I know this post is over your head, but perhaps others on the thread might be interested.
Have you not noticed that the birthers closes supporters on the Hill are not willing to go 2 parents but only try one parent? Have you noticed that the “anti-anchor baby” crowd is still fine that only one parent is a citizen? Do you realize they attempts would leave Obama a citizen at birth, and, a Natural Born Citizen?
My question to you was and still is, why are you and the birthers still trying for 2 parents when not even their closest political support does not support 2 parents? Is even the far right blind to the truth that apparently only you and the birthers realize?
I think Northland is asking you to do that and to explain the disconnect between the anti-Obama birthers and their close allies the anti-anchor baby nativists.
You are the one that seems to be making both arguments at the same time, please reconcile them for us.

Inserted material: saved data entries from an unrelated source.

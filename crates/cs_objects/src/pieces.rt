//! The pieces of an initializer (C11 6.7.9), and the contents of an object with a constant one.
ghost use Rattle.std.specs.Prelude.{◌≡◌, ◌+◌, ◌++◌, ◌∷◌, List, map, take, nat_le, IsTrue, IfSome, IfOk, OnOk};
ghost use Rattle.cs_types.specs.Shape.{Shape, struct};
ghost use Rattle.cs_ast.specs.TypedProgram.{HasLayouts, TypedProgram, typed_program};
ghost use Rattle.cs_ast.specs.TypedView.{initial, initial_list};
ghost use Rattle.cs_meaning.specs.Types as types;
ghost use Rattle.cs_meaning.specs.Initials as initials;
ghost use Rattle.cs_values.specs.View.{cell_of};
ghost use Rattle.cs_objects.specs.BlockView.{type_of, piece_of};
ghost use Rattle.cs_objects.specs.PieceOrder.{start_of, end_of, ascends_from};
ghost use Rattle.cs_objects.specs.TypeView.{or_cell};

use crate::blocks::{BlockType, Piece};
use crate::scalars::members_of;
use cs_ast::typed::program::Program;
use cs_ast::typed::statement::Initial;
use cs_types::{CType, DataModel, IntType, wrap};
use cs_values::Cell;
use cs_values::constants::{constant, integer_of};
use std::alloc::{AllocError, Global};

/// Returns the pieces of an initializer of an object of a type.
pub fn pieces<'a>(
    alloc: Global,
    program: &'a Program,
    ty: BlockType<'a>,
    first: &'a Initial,
) -> Result<Vec<Piece<'a>>, AllocError>
    requires { HasLayouts program.now }
    ensures { IfOk result (λ made.
        map piece_of made.items ≡ initials.pieces (typed_program program.now) (type_of ty.entry) 0
        (initial first.now)) }
{
    let mut made = Vec::new(alloc);
    push_pieces(program, ty, 0, first, &mut made)?;
    Ok(made)
}

// Adds the pieces of an initializer of an object of a type, at an offset.
#[cycle(pieces)]
fn push_pieces<'a>(
    program: &'a Program,
    ty: BlockType<'a>,
    from: u64,
    first: &'a Initial,
    made: &mut Vec<Piece<'a>>,
) -> Result<(), AllocError>
    requires { HasLayouts program.now }
    ensures { OnOk result (map piece_of made.new.items
        ≡ map piece_of made.old.items
        ++ initials.pieces (typed_program program.now) (type_of ty.entry) from
        (initial first.now)) }
{
    match first {
        Initial::Value(value) => {
            made.push(Piece::Value(from, value))?;
            Ok(())
        }
        Initial::List(parts) => push_parts(program, ty, from, parts, made),
        Initial::Text(bytes) => {
            made.push(Piece::Text(from, beginning(bytes.as_bytes(), ty.count())))?;
            Ok(())
        }
    }
}

// Adds the pieces of the parts of an array or of a struct.
#[cycle(pieces)]
fn push_parts<'a>(
    program: &'a Program,
    ty: BlockType<'a>,
    from: u64,
    parts: &'a [Initial],
    made: &mut Vec<Piece<'a>>,
) -> Result<(), AllocError>
    requires { HasLayouts program.now }
    ensures { OnOk result (map piece_of made.new.items
        ≡ map piece_of made.old.items
        ++ initials.pieces_from (typed_program program.now) (type_of ty.entry) from 0
        (initial_list parts.now)) }
{
    for (number, part) in parts.iter().enumerate() {
        let number = number as u64;
        let offset = ty.part_offset(program, number)?;
        let at = from.checked_add(offset).ok_or(AllocError)?;
        push_pieces(program, ty.part(program, number), at, part, made)?;
    }
    Ok(())
}

impl<'a> BlockType<'a> {
    // Returns the number of elements of an array (C11 6.7.6.2).
    fn count(self) -> u64
        ensures { result ≡ types.count_of (type_of self.entry) }
    {
        match self {
            BlockType::Of(CType::Array(_, count)) => *count,
            BlockType::Of(CType::Void) => 0,
            BlockType::Of(CType::Int(_)) => 0,
            BlockType::Of(CType::Pointer(_)) => 0,
            BlockType::Of(CType::Struct(_)) => 0,
            BlockType::Text(count) => count,
            BlockType::Integer(_) => 0,
            BlockType::Void => 0,
        }
    }

    // Returns the type of a part of an array or of a struct, by its number (C11 6.7.9, paragraph 17).
    fn part(self, program: &'a Program, number: u64) -> BlockType<'a>
        ensures { type_of result ≡ types.part_type (typed_program program.now)
            (type_of self.entry) number }
    {
        match self {
            BlockType::Of(CType::Array(element, _)) => BlockType::Of(element),
            BlockType::Of(CType::Struct(tag)) => member_type(program, *tag, number),
            BlockType::Of(CType::Void) => self,
            BlockType::Of(CType::Int(_)) => self,
            BlockType::Of(CType::Pointer(_)) => self,
            BlockType::Text(_) => BlockType::Integer(IntType::Char),
            BlockType::Integer(ty) => BlockType::Integer(ty),
            BlockType::Void => BlockType::Void,
        }
    }

    // Returns the offset of a part of an array or of a struct.
    fn part_offset(self, program: &'a Program, number: u64) -> Result<u64, AllocError>
        requires { HasLayouts program.now }
        ensures { IfOk result (λ offset.
            offset ≡ types.part_offset (typed_program program.now) (type_of self.entry) number) }
    {
        match self {
            BlockType::Of(CType::Array(element, _)) => {
                let size = BlockType::Of(element).size(program)?;
                number.checked_mul(size).ok_or(AllocError)
            }
            BlockType::Of(CType::Struct(tag)) => Ok(member_offset(program, *tag, number)),
            BlockType::Of(CType::Void) => Ok(0),
            BlockType::Of(CType::Int(_)) => Ok(0),
            BlockType::Of(CType::Pointer(_)) => Ok(0),
            BlockType::Text(_) => Ok(number),
            BlockType::Integer(_) => Ok(0),
            BlockType::Void => Ok(0),
        }
    }
}

// Returns the type of a member of a struct.
fn member_type<'a>(program: &'a Program, tag: u32, number: u64) -> BlockType<'a>
    ensures { type_of result ≡ types.part_type (typed_program program.now) (struct tag) number }
{
    match members_of(program, tag) {
        Some(members) => match members.get(number as usize) {
            Some(member) => BlockType::Of(member.ty()),
            None => BlockType::Void,
        },
        None => BlockType::Void,
    }
}

// Returns the offset of a member of a struct.
fn member_offset(program: &Program, tag: u32, number: u64) -> u64
    ensures { result ≡ types.part_offset (typed_program program.now) (struct tag) number }
{
    match members_of(program, tag) {
        Some(members) => match members.get(number as usize) {
            Some(member) => member.offset(),
            None => 0,
        },
        None => 0,
    }
}

// Returns at most `count` bytes of the beginning of a text.
fn beginning(bytes: &[u8], count: u64) -> &[u8]
    ensures { result.now ≡ take count bytes.now }
{
    if count < bytes.len() as u64 {
        &bytes[..count as usize]
    } else {
        bytes
    }
}

/// Whether pieces ascend: each ends before the next one begins.
pub fn ascend(pieces: &[Piece]) -> bool
    ensures { IsTrue result → IsTrue (ascends_from 0 pieces.now) }
{
    let mut end = 0;
    for piece in pieces {
        match piece.end_from(end) {
            Some(next) => end = next,
            None => return false,
        }
    }
    true
}

/// Returns, of ascending pieces, the last one that begins at or before an offset, if there is one.
pub fn nearest<'p, 'a>(pieces: &'p [Piece<'a>], offset: u64) -> &'p [Piece<'a>]
    requires { IsTrue (ascends_from 0 pieces.now) }
    ensures { (program : TypedProgram) (scalar : Shape)
        → initials.initial_cell program scalar (map piece_of result.now) offset
        ≡ initials.initial_cell program scalar (map piece_of pieces.now) offset }
{
    let count = pieces.partition_point(
        |piece: &Piece| -> bool
            ensures { result ≡ nat_le (start_of piece.now) offset }
        { piece.start() <= offset },
    );
    if count == 0 {
        &pieces[..0]
    } else {
        &pieces[count - 1..count]
    }
}

impl<'a> Piece<'a> {
    // Returns the offset of a piece.
    fn start(&self) -> u64
        ensures { result ≡ start_of self.now }
    {
        match self {
            Piece::Value(from, _) => *from,
            Piece::Text(from, _) => *from,
        }
    }

    // Returns the first offset after a piece, if the piece begins at or after an offset.
    fn end_from(&self, from: u64) -> Option<u64>
        ensures { IfSome result (λ end.
            IsTrue (nat_le from (start_of self.now)) × (end ≡ end_of self.now)) }
    {
        if self.start() < from {
            return None;
        }
        match self {
            Piece::Value(start, _) => start.checked_add(1),
            Piece::Text(start, bytes) => start.checked_add(bytes.len() as u64),
        }
    }
}

/// Returns the cell that the pieces of a constant initializer determine for the scalar at an offset; it is zero if there is no piece for it.
pub fn initial_cell(
    program: &Program,
    scalar: BlockType,
    pieces: &[Piece],
    offset: u64,
) -> Result<Cell, AllocError>
    requires { HasLayouts program.now }
    ensures { IfOk result (λ cell.
        cell_of cell ≡ initials.initial_cell (typed_program program.now) (type_of scalar.entry)
        (map piece_of pieces.now) offset) }
{
    for piece in pieces {
        if let Some(cell) = piece_cell(program, scalar, piece, offset)? {
            return Ok(cell);
        }
    }
    Ok(zero_of(scalar))
}

// Returns the cell that a piece determines for the scalar at an offset, if the piece covers it.
fn piece_cell(
    program: &Program,
    scalar: BlockType,
    piece: &Piece,
    offset: u64,
) -> Result<Option<Cell>, AllocError>
    requires { HasLayouts program.now }
    ensures { IfOk result (λ found.
        (others : List initials.Piece)
        → initials.initial_cell (typed_program program.now) (type_of scalar.entry)
        (piece_of piece.now ∷ others) offset
        ≡ or_cell found (initials.initial_cell (typed_program program.now) (type_of scalar.entry)
        others offset)) }
{
    match piece {
        Piece::Value(from, value) => {
            if *from == offset {
                let cell = constant(program, value)?;
                Ok(Some(cell))
            } else {
                Ok(None)
            }
        }
        Piece::Text(from, bytes) => {
            let Some(at) = offset.checked_sub(*from) else {
                return Ok(None);
            };
            match bytes.get(at as usize) {
                Some(byte) => Ok(Some(byte_cell(program.model, scalar, *byte))),
                None => Ok(None),
            }
        }
    }
}

/// Returns the zero of a scalar: 0, or a null pointer (C11 6.7.9, paragraph 10).
pub fn zero_of(scalar: BlockType) -> Cell
    ensures { cell_of result ≡ initials.zero_of (type_of scalar.entry) }
{
    match scalar {
        BlockType::Of(CType::Pointer(_)) => Cell::Null,
        BlockType::Of(CType::Void) => Cell::Number(0),
        BlockType::Of(CType::Int(_)) => Cell::Number(0),
        BlockType::Of(CType::Array(_, _)) => Cell::Number(0),
        BlockType::Of(CType::Struct(_)) => Cell::Number(0),
        BlockType::Integer(_) | BlockType::Text(_) | BlockType::Void => Cell::Number(0),
    }
}

/// Returns the cell of a byte of a text, in a scalar of a character type.
pub fn byte_cell(model: DataModel, scalar: BlockType, byte: u8) -> Cell
    ensures { cell_of result ≡ initials.byte_cell model (type_of scalar.entry) byte }
{
    Cell::Number(wrap(model, scalar.integer(), i128::from(byte)))
}

impl<'a> BlockType<'a> {
    // Returns the type as an integer type.
    fn integer(self) -> IntType
        ensures { result ≡ types.integer_of (type_of self.entry) }
    {
        match self {
            BlockType::Of(ty) => integer_of(ty),
            BlockType::Integer(ty) => ty,
            BlockType::Text(_) | BlockType::Void => IntType::Int,
        }
    }
}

far right? Harry Reid is far right/, wtf?, go here dude http://www.youtube.com/watch?v=75a9Wa6KL7k
😉 One of my favorite movies too!
Again, your own clip proves the SAME point Doc C and all of us here have been trying to get through your thick head the whole time:
Notice that Harry Reid’s entire speech against “anchor babies” is *because* existing US laws automatically make that “anchor baby” NBC by virtue of birth.
***DUH***
Again – and I’ll try to type slow, since you seem so mentally handicapped on grasping this simple concept:
1. Our existing laws clearly make birth on US soil NBC automatically. That is the *entire* reason that the “anchor baby” has been an issue for several decades.
2. There is a fair number of folks (regardless of party) who’ve made a reasoned argument that breaking US immigration law should be cause to make an exception to restrict those “anchor babies” from receiving that automatic citizenship. That is the debate you hear Mr. Reid attempting to make in this particular clip. Many others have brought up the argument from that perspective, both before and since, as well.
3. Bottom line – In order to CHANGE existing US law to *restrict* NBC status from “anchor babies”, a Constitutional Amendment to do so would have to be proposed and passed, according to all the high bar standards required for Constitutional Amendments.
4. Without such a Constitutional Amendment being passed to restrict citizenship in this particular case (or to restrict it in any other permutation for that matter), existing US Law stands. Period. End of Sentence. No way around it. Sorry…
5. It is one thing to simply have an OPINION that you disagree with existing law and that you advocate and make a reasoned argument for it to be changed and explain why. No one has a problem with that. That is what our structure and our democracy is all about.
6. However, it is completely a different and absolutely FICTIONAL matter to behave as if the law isn’t what it is. You may not *LIKE* our existing laws and how they work; but you are being absolutely foolish and childish to pretend that they don’t exist and function as they clearly do.
Why are you apologizing to this person?
It is not an apology. in that context, it is a form of expression that translates as “you are wrong”.
In other words, it is similar to when a Southerner says “Bless his heart”. HINT: Such an utterance is NOT a “blessing” and is simply a polite, regional way of calling someone a fool.
William Buchanan sounds like he’s wound up a bit too tight. He really haz a mad on Justice Gray.